Registration of Labor organizations


SAN MIGUEL FOODS INC vs SAN MIGUEL CORP. SUPERVISORS AND
EXEMPT UNION
G.R. No. 146206, August 1, 2011
Facts:
Pursuant to a Supreme Court decision, the DOLE conducted preelection conferences on SMCSEUs petition for certification election. The MedArbiter ordered to proceed with the election. The company San Miguel Foods
Inc. questioned the eligibility to vote by some of its employees, particularly
those alleged confidential employees who were working as Payroll Manager
and those who have access with the salary and compensation data, the HR
Assistant and Personnel Assistant and those employees working in the live
chicken operations who are not covered by the bargaining unit. It also
alleges that the employees of the Cabuyao, San Fernando, and Otis plants of
petitioners predecessor, San Miguel Corporation, as stated in G.R. No.

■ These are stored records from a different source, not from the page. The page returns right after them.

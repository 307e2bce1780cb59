//! What a client's calls and its pass over the locks look at.

ghost use Rattle.std.specs.Prelude.{◌≡◌, ◌≤◌, ◌^◌, [], map, nat_lt, find, slice_get, option_map, unwrap_or, IfOk, IfSome};
ghost use Rattle.std.specs.Option.{option_copied};
ghost use Rattle.lu_held.specs.declared.locks.Wanted.TheVariants as wanted;
ghost use Rattle.lu_held.specs.Locks.{is_named, lock_of};
ghost use Rattle.lu_held.specs.Held.{in_order, those, serving, IsOnce};
ghost use Rattle.lu_cache.specs.Tells.{notes, known_on, known_of, locks_of};
ghost use Rattle.lu_spec_client.specs.Known.{cookies_of_file};
ghost use Rattle.lu_spec_client.specs.Patches.{clean, size_over, in_flight, has_change, dirty_in};
ghost use Rattle.lu_spec_client.specs.Caches.{noted, bytes_at, patch_at};
ghost use Rattle.lu_spec_client.specs.Locks.{dirty_total};
ghost use Rattle.lu_spec_client.specs.WriteBack.{is_clean};

use super::store::Store;
use lu_base::{Cookie, Cookies, Extent, Fid, Lock, Memory, Path, Resource, TargetId};
use lu_cache::Known;
use lu_held::{HeldLock, LockName, Use};
use lu_msg::Op;
use lu_page::Places;
use lu_patch::Patch;
use std::alloc::Global;

impl Store {
    // ---- held locks

    /// The held lock that does for a use: it isn't marked, its mode serves the wanted one, and it covers what is wanted. A
    /// lock that reaches the end comes before one that doesn't, and then the one of least cookie; none where no lock does.
    pub fn serving(&self, wanted: Use) -> Option<Lock>
        ensures serving { result ≡ option_map lock_of (serving wanted self.now.store.held) }
    {
        self.held.serving(wanted).copied()
    }

    /// The held lock of this name.
    pub fn held(&self, name: LockName) -> Option<HeldLock>
        ensures held { result ≡ find (is_named name) self.now.store.held }
        ensures sound { IsOnce self.now.store.held }
    {
        self.held.held(name).copied()
    }

    /// The held locks of a target in rising cookie, from place 0 on; none past the last.
    pub fn lock(&self, target: TargetId, at: usize) -> Option<&Lock>
        ensures lock { option_copied result
            ≡ option_map lock_of (slice_get (those (wanted.Of target) self.now.store.held) at) }
    {
        self.held.lock(target, at)
    }

    /// The held locks of this target and resource that aren't marked and hold this offset, in rising cookie, from place 0
    /// on; none past the last.
    pub fn covering(
        &self,
        target: TargetId,
        resource: Resource,
        offset: u64,
        at: usize,
    ) -> Option<&Lock>
        ensures lock { option_copied result
            ≡ option_map lock_of (slice_get (those (wanted.Holding target resource offset) self.now.store.held) at) }
    {
        self.held.covering(target, resource, offset, at)
    }

    /// The held locks by target and then by cookie.
    pub fn in_order(&self, alloc: Global) -> Result<Vec<HeldLock>, Memory>
        ensures order { IfOk result (λ locks. locks.items ≡ in_order self.now.store.held) }
    {
        self.held.in_order(alloc)
    }

    /// The held locks of a target, in rising cookie.
    pub fn locks_of(&self, alloc: Global, target: TargetId) -> Result<Vec<Lock>, Memory>
        ensures locks { IfOk result (λ locks.
            locks.items ≡ map lock_of (those (wanted.Of target) self.now.store.held)) }
    {
        self.held.of_target(alloc, target)
    }

    /// The held locks that are marked and not pinned, by target and then by cookie.
    pub fn ready(&self, alloc: Global) -> Result<Vec<HeldLock>, Memory>
        ensures ready { IfOk result (λ locks. locks.items ≡ those wanted.Ready self.now.store.held) }
    {
        self.held.ready(alloc)
    }

    // ---- what is known

    /// What a call on names is told from what is known under the locks that are held and not called back. None where
    /// something isn't known, or the call always asks.
    pub fn known(&self, alloc: Global, op: &Op) -> Result<Option<Known>, Memory>
        ensures known { IfOk result (λ known.
            known ≡ option_map known_of (known_on op.now (notes self.now.facts self.now.store.held))) }
    {
        self.cache.known_under(alloc, op, &self.held)
    }

    /// The locks that are held and not called back under which what a stat of a file was told is known, rising and each
    /// once.
    pub fn stat_locks(&self, alloc: Global, path: &Path, file: Fid) -> Result<Cookies, Memory>
        ensures locks { IfOk result (λ locks.
            locks ≡ locks_of (cookies_of_file (notes self.now.facts self.now.store.held) path.now file)) }
    {
        self.cache.stat_locks(alloc, path, file, &self.held)
    }

    /// The object's size that is kept for a lock that reaches the end.
    pub fn size(&self, resource: Resource, cookie: Cookie) -> Option<u64>
        ensures size { result ≡ noted resource cookie self.now.store.sizes }
        ensures short { IfSome result (λ n. n ≤ 2 ^ 40) }
    {
        self.cache.size(resource, cookie)
    }

    /// The greatest offset that was shown under a lock; none where nothing was shown.
    pub fn shown(&self, lock: &Lock) -> Option<u64>
        ensures shown { result ≡ noted lock.now.resource lock.now.cookie self.now.store.shown }
    {
        self.cache.shown(lock)
    }

    /// What is known of an object's bytes; none where nothing was ever known.
    pub fn bytes(&self, resource: Resource) -> Option<&Places<u8>>
        ensures bytes { unwrap_or (option_copied result) [] ≡ bytes_at resource self.now.store.bytes }
    {
        self.cache.bytes(resource)
    }

    // ---- changes

    /// The client's changes of an object; none where it never changed it.
    pub fn patch(&self, resource: Resource) -> Option<&Patch>
        ensures patch { unwrap_or (option_copied result) clean ≡ patch_at resource self.now.store.patches }
    {
        self.patches.of(resource)
    }

    /// The size of an object with the client's changes, where it had this one at the server.
    pub fn size_over(&self, resource: Resource, server: u64) -> u64
        ensures size { result ≡ size_over server (patch_at resource self.now.store.patches) }
        ensures short { server ≤ 2 ^ 40 → result ≤ 2 ^ 40 }
    {
        self.patches.size_over(resource, server)
    }

    /// Whether a write-back of an object is under way.
    pub fn in_flight(&self, resource: Resource) -> bool
        ensures flies { result ≡ in_flight (patch_at resource self.now.store.patches) }
    {
        self.patches.in_flight(resource)
    }

    /// Whether nothing of an object is changed.
    pub fn is_clean(&self, resource: Resource) -> bool
        ensures clean { result ≡ is_clean (patch_at resource self.now.store.patches) }
    {
        self.patches.is_clean(resource)
    }

    /// Whether there is a change of an object in a range, in flight or not: dirty bytes, or a pending cut all of whose
    /// positions the range holds.
    pub fn has_change(&self, resource: Resource, within: Extent) -> bool
        ensures change { result ≡ has_change within (patch_at resource self.now.store.patches) }
    {
        self.patches.has_change(resource, within)
    }

    /// Whether a byte of an object is dirty in a range, in flight or not.
    pub fn is_dirty_in(&self, resource: Resource, within: Extent) -> bool
        ensures dirty { result ≡ nat_lt 0 (dirty_in within (patch_at resource self.now.store.patches)) }
    {
        self.patches.is_dirty_in(resource, within)
    }

    /// Whether more bytes than this are dirty, of all objects together, those in flight among them.
    pub fn is_dirty_above(&self, limit: u64) -> bool
        ensures above { result ≡ nat_lt limit (dirty_total self.now.store.patches) }
    {
        self.patches.is_dirty_above(limit)
    }
}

110399, were engaged in "dressed" chicken processing, i.e., handling and
packaging of chicken meat, while the new bargaining unit includes
employees engaged in "live" chicken operations, i.e., those who breed chicks
and grow chickens. Despite the objections, the Med-Arbiter ruled that
SMCSEU was certified to be the exclusive bargaining agent of the supervisors
and exempt employees.
Issues:
1) Can the workers of separate divisions whose tasks are interrelated
form a single union?
2) Can confidential employees join the bargaining unit of a company?
Ruling:
1) Yes. The Court by taking into account the community or mutuality of
interests test said that those employees in the live chicken processing
and dressed chicken processing divisions held that they can form a
union. While the existence of a bargaining history is a factor that may
be reckoned with in determining the appropriate bargaining unit, the
same is not decisive or conclusive. Other factors must be considered.
The test of grouping is community or mutuality of interest. This is so
because the basic test of an asserted bargaining units acceptability is
whether or not it is fundamentally the combination which will best
assure to all employees the exercise of their collective bargaining
rights.
2) No. A confidential employee is one entrusted with confidence on
delicate, or with the custody, handling or care and protection of the
employers property. Confidential employees should be excluded from
the bargaining unit, as their access to confidential information may
become the source of undue advantage. However, in this case, the

Court did not apply such fact to the Payroll Manager and those working
with salary and compensation data, saying that the job does not
involve dealing with confidential labor relations information in the
course of the performance of his functions.